REPUBLIKA.CO.ID, JAKARTA –- Presiden Joko Widodo (Jokowi) melantik 12 wakil menteri pada Jumat (25/10). Jumlah wakil menteri (wamen) yang empat kali lebih besar dari periode sebelumnya itu diharapkan dapat membantu kinerja dan menekankan efektivitas.
Namun, Kepala Pusat Penelitian Politik Lembaga Ilmu Pengetahuan Indonesia (LIPI) Firman Noor menilai, menggemuknya jumlah wakil menteri itu tak selalu berbanding lurus dengan hasil kinerja. “Masih perlu diuji sekali, apalagi kebanyakan mereka tidak punya jam terbang menjadi wamen,” kata dia , Jumat (25/10).

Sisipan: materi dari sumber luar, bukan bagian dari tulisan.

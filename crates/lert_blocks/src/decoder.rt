//! The pieces in the slots of one word of run ends.

ghost use Rattle.std.specs.Prelude.{◌≡◌, ℕ, ◌+◌, ◌-◌, ◌*◌, ◌^◌, ◌<◌, ◌≤◌, ◌++◌, Bool, List, length, take, drop, min, All, OnOk, IfOk, IfErr, MatchResult, Some, vec_capacity};
ghost use Rattle.lert_spec.specs.Table.{AscendsFrom};
ghost use Rattle.lert_spec.specs.declared.piece.Piece.{Piece};
ghost use Rattle.lert_blocks.specs.Decoding.{AreSlots, GoesOn, IsPieceOf, floor_of, rest_found, with_front};

use crate::step::{Step, are_whole, next_step};
use lert_counter::Group;
use lert_spec::Piece;

/// Where a walk over the slots of a block stands.
#[derive(Clone, Copy, Debug, PartialEq, Eq)]
pub struct Walk {
    /// The quotients of the block that have a run, but those that are passed.
    pub occupied: u64,
    /// The least remainder that the next group may have: 0 where a run begins.
    pub least: u64,
}

/// The slots of one word of run ends, from its first one on, and the eight behind them to which a group may
/// reach, as far as they are there.
#[derive(Clone, Copy)]
pub struct Slots<'a> {
    pub slots: &'a [u64],
    /// How many slots the block has from here on.
    pub some: usize,
    /// Which of these slots end a run, and which of the 64 behind them.
    pub ends: u64,
    pub next_ends: u64,
}

/// The piece of a group, whose quotient is the first one that isn't passed.
fn piece_of(width: u32, first: u64, occupied: u64, group: Group) -> Piece
    requires wide { width ≤ 58 }
    requires reach { (first + 64) * 2 ^ width ≤ 2 ^ 64 }
    requires some { 0 < occupied }
    requires remainder { group.x < 2 ^ width }
    ensures { IsPieceOf width first occupied group result }
{
    let quotient = first + u64::from(occupied.trailing_zeros());
    Piece {
        tail: (quotient << width) + group.x,
        count: group.count,
    }
}

/// The walk behind a group, from the quotients that aren't passed before it.
fn behind(occupied: u64, step: Step) -> Walk
    requires some { 0 < occupied }
    requires remainder { step.group.x < 2 ^ 58 }
    ensures { GoesOn step occupied result }
{
    if step.ends_run {
        return Walk {
            occupied: occupied & (occupied - 1),
            least: 0,
        };
    }
    Walk {
        occupied,
        least: step.group.x + 1,
    }
}

/// Decodes the groups that begin in a word's slots, from the slot `from` on, and puts their pieces behind
/// `pieces`, whose room must be enough for 64 more. `first` is the block's first quotient. Answers the first
/// slot behind these groups, up to eight behind the word, or the slot at which the text is left: the number
/// of slots, where it isn't there. After an error the walk is as it was, and pieces may stand behind `pieces`.
pub fn decode(
    width: u32,
    first: u64,
    slots: Slots,
    from: usize,
    walk: &mut Walk,
    pieces: &mut Vec<Piece>,
) -> Result<usize, usize>
    requires narrow { 8 ≤ width }
    requires wide { width ≤ 58 }
    requires reach { (first + 64) * 2 ^ width ≤ 2 ^ 64 }
    requires few { length slots.slots.now ≤ min slots.some 72 }
    requires from { from ≤ length slots.slots.now }
    requires word { from ≤ 64 }
    requires room { length pieces.old.items + 64 ≤ vec_capacity pieces.old }

    // What is found behind these slots has the new pieces before it; an error is the place that is found.
    ensures found { (ends : List Bool) (more : List ℕ) → AreSlots slots.entry ends more → MatchResult result
        (λ upto. (put : List Piece) × (pieces.new.items ≡ pieces.old.items ++ put)
        × (rest_found width first walk.old (drop from ends) (drop from (slots.entry.slots.now ++ more))
        ≡ with_front put (upto - from) (rest_found width first walk.new (drop upto ends) (drop upto (slots.entry.slots.now ++ more)))))
        (λ at. (rest_found width first walk.old (drop from ends) (drop from (slots.entry.slots.now ++ more))).left ≡ Some (at - from)) }

    ensures upto { IfOk result (λ upto. (min slots.entry.some 64 ≤ upto) × (upto ≤ length slots.entry.slots.now) × (upto ≤ 72) × (from ≤ upto)) }
    ensures at { IfErr result (λ at. (from ≤ at) × (at ≤ length slots.entry.slots.now) × (at < 72)) }

    // The new pieces ascend, from the least tail that may come to that of what is to come then.
    ensures ascend { OnOk result (AscendsFrom (floor_of width first walk.old) (floor_of width first walk.new) (drop (length pieces.old.items) pieces.new.items)) }
    ensures counts { OnOk result (All (λ piece. piece.count ≤ 2 ^ 47) (drop (length pieces.old.items) pieces.new.items)) }
    ensures rises { floor_of width first walk.old ≤ floor_of width first walk.new }
    ensures least { walk.old.least ≤ 2 ^ width → walk.new.least ≤ 2 ^ width }
    ensures kept { take (length pieces.old.items) pieces.new.items ≡ pieces.old.items }
    ensures few { length pieces.new.items ≤ length pieces.old.items + 64 }
    ensures capacity { vec_capacity pieces.new ≡ vec_capacity pieces.old }
    ensures same { IfErr result (λ _. walk.new ≡ walk.old) }
{
    let whole = are_whole(width, slots, from);
    let word = slots.some.min(64);
    let mut occupied = walk.occupied;
    let mut least = walk.least;
    let mut at = from;
    while at < word {
        if occupied == 0 {
            return Err(at);
        }
        let step = next_step(width, least, whole, slots, at)?;
        pieces.push_reserved(piece_of(width, first, occupied, step.group));
        let next = behind(occupied, step);
        occupied = next.occupied;
        least = next.least;
        at += step.group.used;
    }
    *walk = Walk { occupied, least };
    Ok(at)
}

Firman menilai, sebagian nama yang masuk dalam daftar wakil menteri Jokowi sukses hanya dalam lingkungan dan lingkup pekerjaan terbatas. Sementara kementerian yang harus dibantu adalah kementerian besar dengan portofolio dan anggaran yang besar.
“Ini perlu disayangkan. Mengapa pihak yang masih belajar itu menduduki posisi yang sangat strategis, di mana sebetulnya keperluan dari itu adalah untuk mengefektifkan kementerian itu,” ujar Firman Noor.

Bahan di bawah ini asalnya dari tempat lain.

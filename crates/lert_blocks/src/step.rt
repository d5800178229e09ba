//! One group of a word of run ends.

ghost use Rattle.std.specs.Prelude.{◌≡◌, ℕ, ◌+◌, ◌-◌, ◌^◌, ◌<◌, ◌≤◌, Bool, false, List, length, min, slice_index, slice_index_or, IsTrue, IfSome, MatchResult, Some};
ghost use Rattle.std.specs.Int.{bit_at};
ghost use Rattle.lert_blocks.specs.Grammar.{group_read};
ghost use Rattle.lert_blocks.specs.Walk.{first_bad, if_above};
ghost use Rattle.lert_blocks.specs.Decoding.{AreSlots, AreWhole, IsAlone, IsReach, IsStep, IsLeft};

use crate::decoder::Slots;
use crate::group::front_group;
use lert_counter::Group;

/// The most slots that a group has.
const MOST_SLOTS: usize = 9;

/// The slots to which the groups of a word reach: its 64, and eight behind them.
const NEAR_SLOTS: usize = 72;

/// Greater digits are left to `front_group`, which sees to it that the count isn't too great.
const MOST_DIGIT: u64 = 1 << 32;

/// A group of the word, and whether its last slot ends a run.
#[derive(Clone, Copy)]
pub struct Step {
    pub group: Group,
    pub ends_run: bool,
}

/// Whether the slots from `from` on are all that a group of the word may reach, and none has more than `width` bits.
pub fn are_whole(width: u32, slots: Slots, from: usize) -> bool
    requires narrow { width < 64 }
    requires from { from ≤ length slots.slots.now }
    requires few { length slots.slots.now ≤ min slots.some 72 }
    ensures { IsTrue result → AreWhole width from slots.entry }
{
    slots.slots.len() == slots.some.min(NEAR_SLOTS) && are_narrow(width, &slots.slots[from..])
}

/// Whether no slot has more than `width` bits.
fn are_narrow(width: u32, slots: &[u64]) -> bool
    requires { width < 64 }
    ensures { IsTrue result → (k : ℕ) → k < length slots.now → slice_index slots.now k < 2 ^ width }
{
    let mut union = 0;
    for slot in slots {
        union |= *slot;
    }
    union >> width == 0
}

/// Whether a slot ends a run.
fn is_run_end(slots: Slots, at: usize) -> bool
    requires near { at < 72 }
    requires within { at < slots.some }
    ensures { (ends : List Bool) (more : List ℕ) → AreSlots slots.entry ends more → slice_index_or ends at false ≡ result }
{
    if at < 64 {
        return (slots.ends >> at) & 1 == 1;
    }
    (slots.next_ends >> (at - 64)) & 1 == 1
}

/// The 64 bits of two words from the bit `at` of the first one on.
fn bits_from(word: u64, next: u64, at: usize) -> u64
    requires { at < 64 }
    ensures word { (i : ℕ) → at + i < 64 → bit_at result i ≡ bit_at word (at + i) }
    ensures next { (i : ℕ) → i < 64 → 64 ≤ at + i → bit_at result i ≡ bit_at next (at + i - 64) }
{
    (word >> at) | (next << 1 << (63 - at))
}

/// How many slots the group at a slot may have: those up to the end of its run, at most nine.
fn reach_at(slots: Slots, at: usize) -> usize
    requires word { at < 64 }
    requires within { at < slots.some }
    ensures { IsReach at slots.entry result }
{
    let ends = bits_from(slots.ends, slots.next_ends, at);
    let run = ends.trailing_zeros() as usize + 1;
    run.min(MOST_SLOTS).min(slots.some - at)
}

/// The first of so many slots that isn't there, or has more than `width` bits.
fn first_wrong(width: u32, count: usize, slots: &[u64]) -> Option<usize>
    requires narrow { width < 64 }
    requires count { length slots.now ≤ count }
    ensures { result ≡ first_bad width count slots.now }
{
    for (place, slot) in slots.iter().enumerate() {
        if *slot >> width != 0 {
            return Some(place);
        }
    }
    if slots.len() < count {
        Some(slots.len())
    } else {
        None
    }
}

/// The group at the front of slots of a run, where its remainder is above 0, and its count is two or stands in one
/// digit below the remainder.
fn short_group(slots: &[u64]) -> Option<Group>
    ensures { (width : ℕ) → 8 ≤ width → (slice_index slots.now 0 < 2 ^ width)
        → IfSome result (λ g. group_read width slots.now ≡ Some g) }
{
    if slots.len() < 2 || slots[0] == 0 {
        return None;
    }
    let x = slots[0];
    let digit = slots[1];
    if digit == x {
        return Some(Group {
            x,
            count: 2,
            used: 2,
        });
    }
    if slots.len() > 2 && slots[2] == x && 0 < digit && digit < x && digit < MOST_DIGIT {
        return Some(Group {
            x,
            count: digit + 2,
            used: 3,
        });
    }
    None
}

/// The group at the front of slots, which none follow but those of its run.
fn group_of(width: u32, slots: &[u64]) -> Option<Group>
    requires narrow { 8 ≤ width }
    requires wide { width ≤ 58 }
    requires slots { slice_index slots.now 0 < 2 ^ width }
    ensures { result ≡ group_read width slots.now }
{
    if let Some(group) = short_group(slots) {
        return Some(group);
    }
    front_group(width, slots)
}

/// The group at the front of slots of a run, of which there should be so many, or the one that breaks a rule.
fn judged(width: u32, least: u64, count: usize, slots: &[u64]) -> Result<Group, usize>
    requires narrow { 8 ≤ width }
    requires wide { width ≤ 58 }
    requires some { 1 ≤ count }
    requires count { length slots.now ≤ count }
    ensures { result ≡ if_above least (first_bad width count slots.now) (group_read width slots.now) }
{
    if let Some(place) = first_wrong(width, count, slots) {
        return Err(place);
    }
    let Some(group) = group_of(width, slots) else {
        return Err(0);
    };
    if group.x < least {
        return Err(0);
    }
    Ok(group)
}

/// The group at a slot, whatever it is.
fn any_step(width: u32, least: u64, slots: Slots, at: usize) -> Result<Step, usize>
    requires narrow { 8 ≤ width }
    requires wide { width ≤ 58 }
    requires word { at < 64 }
    requires within { at < slots.some }
    requires there { at ≤ length slots.slots.now }
    requires few { length slots.slots.now ≤ min slots.some 72 }
    ensures { MatchResult result (IsStep width least at slots.entry) (IsLeft width least at slots.entry) }
{
    let count = reach_at(slots, at);
    let end = slots.slots.len().min(at + count);
    match judged(width, least, count, &slots.slots[at..end]) {
        Ok(group) => Ok(Step {
            group,
            ends_run: is_run_end(slots, at + group.used - 1),
        }),
        Err(place) => Err(at + place),
    }
}

/// The slot there, or the greatest number, where there is none.
fn slot_or_most(slots: &[u64], at: usize) -> u64
    ensures { at < length slots.now → result ≡ slice_index slots.now at }
{
    if at < slots.len() {
        slots[at]
    } else {
        u64::MAX
    }
}

/// Below which a slot is alone: the next one, or anything where it ends its run. Both are at hand here, so that
/// no branch depends on where runs end.
fn bound_of(next: u64, ends_run: bool) -> u64
    ensures { ends_run ≡ false → result ≡ next }
{
    if ends_run { u64::MAX } else { next }
}

/// Whether a slot above 0 is a group of its own by the next slot alone: it ends its run, or the next one is greater.
fn stands_alone(slots: &[u64], at: usize, ends_run: bool) -> bool
    requires { at < length slots.now }
    ensures { IsTrue result → IsAlone at slots.now ends_run }
{
    let x = slots[at];
    let bound = bound_of(slot_or_most(slots, at + 1), ends_run);
    0 < x && x < bound
}

/// The group at a slot, or the slot that breaks a rule. Where the slots are whole, most groups are seen at once.
pub fn next_step(
    width: u32,
    least: u64,
    whole: bool,
    slots: Slots,
    at: usize,
) -> Result<Step, usize>
    requires narrow { 8 ≤ width }
    requires wide { width ≤ 58 }
    requires word { at < 64 }
    requires within { at < slots.some }
    requires there { at ≤ length slots.slots.now }
    requires few { length slots.slots.now ≤ min slots.some 72 }
    requires whole { IsTrue whole → AreWhole width at slots }
    ensures { MatchResult result (IsStep width least at slots.entry) (IsLeft width least at slots.entry) }
{
    let ends_run = is_run_end(slots, at);
    if !whole || !stands_alone(slots.slots, at, ends_run) {
        return any_step(width, least, slots, at);
    }
    let x = slots.slots[at];
    if x < least {
        return Err(at);
    }
    Ok(Step {
        group: Group {
            x,
            count: 1,
            used: 1,
        },
        ends_run,
    })
}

Firman mengatakan, tujuan dasar pengadaan wakil menteri ini sejatinya baik, yakni untuk memperkuat kabinet. Wakil menteri juga semestinya dapat membantu sejumlah kementerian yang memiliki tugas berat.

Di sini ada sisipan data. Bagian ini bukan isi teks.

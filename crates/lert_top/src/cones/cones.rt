//! Cones over the bays of a run, and the bays of cones again.

ghost use Rattle.std.specs.Prelude.{◌≡◌, ℕ, ◌+◌, ◌^◌, ◌<◌, ◌≤◌, ◌++◌, [], ◌∷◌, true, false};
ghost use Rattle.std.specs.Prelude.{All, length, slice_get, Some, None, IfOk, IfErr, OnOk, OnErr, vec_len, vec_capacity};
ghost use Rattle.std.specs.VecDeque.{deque_capacity, deque_len};
ghost use Rattle.lert_spec.specs.Limits.{IsValid};
ghost use Rattle.lert_ingest.specs.Bays.{AreFresh, AreLater, AreUnused, bays_of};
ghost use Rattle.lert_ingest.specs.Cones.{AreNew, IsNewRoom};
ghost use Rattle.lert_top.specs.cones.Unmade.{IsUnmade};
ghost use Rattle.lert_ingest.specs.Status.{create_status};

use crate::cones::rooms::make_rooms;
use lert_base::Settings;
use lert_bay::Bay;
use lert_cone::{Cone, ConeRoom, CreateFault, CreateRefused};
use lert_cqf::Cqf;
use lert_ingest::Status;
use std::alloc::Global;
use std::collections::VecDeque;
use std::random::RandomSource;
use std::thread::Threads;

/// Cones without a packet over all bays, in ascending order, for which the memory is taken first, by at most so many threads.
/// A refusal leaves the bays, and Ok an emptied list with room for them.
pub fn make_cones<B: Bay, R: Threads + Sync + RandomSource>(
    rt: &R,
    alloc: Global,
    settings: &Settings,
    threads: u32,
    bays: &mut VecDeque<B>,
) -> Result<Vec<Cone<B, Cqf>>, Status>
    requires number { length bays.old.items ≡ 2 ^ settings.now.cone_bits }
    requires room { length bays.old.items ≤ deque_capacity bays.old }
    requires fresh { AreFresh B.files bays.old.items }
    ensures new_cones { IfOk result (λ cones. AreNew B.files B.leaves B.faults settings.now cones.items) }
    ensures number { IfOk result (λ cones. length cones.items ≡ 2 ^ settings.now.cone_bits) }
    ensures emptied { OnOk result (bays.new.items ≡ []) }
    ensures room { deque_capacity bays.new ≡ deque_capacity bays.old }
    ensures later { IfOk result (λ cones. AreLater B.files B.faults B.mark bays.old.items (bays_of cones.items)) }
    ensures unused { IfOk result (λ cones. AreUnused B.files settings.now bays.old.items (bays_of cones.items)) }
    ensures kept { OnErr result (AreLater B.files B.faults B.mark bays.old.items bays.new.items) }
    ensures unmade { IfErr result (IsUnmade B.files B.faults settings.now bays.old.items bays.new.items) }
{
    let mut rooms = make_rooms(rt, alloc, settings, threads)?;
    let Ok(mut cones) = Vec::with_capacity(alloc, settings.cones() as usize) else {
        return Err(Status::OutOfMemory);
    };
    match fill_rooms(settings, &mut rooms, bays, &mut cones) {
        Ok(()) => Ok(cones),
        Err(status) => {
            bring_back(cones, bays);
            Err(status)
        }
    }
}

// A cone over each bay, in ascending order, in an empty list with room for all. Both lists are lent, so that no exit has to
// let go a cone's memory: after a refusal the cones that were made have the bays before those that are left.
fn fill_rooms<B: Bay>(
    settings: &Settings,
    rooms: &mut Vec<ConeRoom<Cqf>>,
    bays: &mut VecDeque<B>,
    cones: &mut Vec<Cone<B, Cqf>>,
) -> Result<(), Status>
    requires number { length bays.old.items ≡ 2 ^ settings.now.cone_bits }
    requires room { length bays.old.items ≤ deque_capacity bays.old }
    requires fresh { AreFresh B.files bays.old.items }
    requires rooms_number { length rooms.old.items ≡ 2 ^ settings.now.cone_bits }
    requires rooms { All (IsNewRoom settings.now) rooms.old.items }
    requires none { cones.old.items ≡ [] }
    requires cones_room { 2 ^ settings.now.cone_bits ≤ vec_capacity cones.old }
    ensures new_cones { OnOk result (AreNew B.files B.leaves B.faults settings.now cones.new.items) }
    ensures number { OnOk result (length cones.new.items ≡ 2 ^ settings.now.cone_bits) }
    ensures emptied { OnOk result (bays.new.items ≡ []) }
    ensures room { deque_capacity bays.new ≡ deque_capacity bays.old }
    ensures later { AreLater B.files B.faults B.mark bays.old.items (bays_of cones.new.items ++ bays.new.items) }
    ensures unused { OnOk result (AreUnused B.files settings.now bays.old.items (bays_of cones.new.items ++ bays.new.items)) }
    ensures unmade { IfErr result (IsUnmade B.files B.faults settings.now bays.old.items (bays_of cones.new.items ++ bays.new.items)) }
{
    for number in 0..settings.cones() {
        let Some(bay) = bays.pop_front() else {
            unreachable!()
        };
        let Some(room) = rooms.pop() else {
            unreachable!()
        };
        match Cone::create(room, number, bay) {
            Ok(cone) => cones.push_reserved(cone),
            Err(refused) => {
                let fault = refused.fault;
                bays.push_front_reserved(bay_of(refused));
                return Err(status_of(number, fault));
            }
        }
    }
    Ok(())
}

// The bay that no cone was made over. The cone's memory is let go.
fn bay_of<B: Bay>(refused: CreateRefused<B, Cqf>) -> B
    ensures { result ≡ refused.bay }
{
    let CreateRefused { bay, .. } = refused;
    bay
}

// The status of a run in which the cone of a number wasn't made.
fn status_of(number: u32, fault: CreateFault) -> Status
    ensures { result ≡ create_status number fault }
{
    match fault {
        CreateFault::NotFresh => Status::NotFresh { cone: number },
        CreateFault::Failed => Status::BayFault { cone: number },
    }
}

/// Puts the bays of cones before those of a list, which has room for them.
pub fn bring_back<B: Bay>(mut cones: Vec<Cone<B, Cqf>>, bays: &mut VecDeque<B>)
    requires { length cones.items + length bays.old.items ≤ deque_capacity bays.old }
    ensures bays { bays.new.items ≡ bays_of cones.items ++ bays.old.items }
    ensures room { deque_capacity bays.new ≡ deque_capacity bays.old }
{
    while let Some(cone) = cones.pop() {
        bays.push_front_reserved(cone.into_bay());
    }
    cones.destroy_empty();
}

Namun, menurut Firman, penunjukan wakil menteri terkesan hanya mengakomodasi pendukungnya yang belum mendapat jatah. Sebanyak tujuh dari 12 wakil menteri yang dipilih merupakan politikus sekaligus pendukung Jokowi. Lima sisanya merupakan birokrat yang dinilai Firman memang sesuai dengan bidangnya.
“Jadi, yang saya khawatirkan, wamen ini yang tujuh itu hanya buang-buang uang saja nanti, tanpa satu pekerjaan yang clear dan tidak bisa menangani dengan baik,” ujar dia.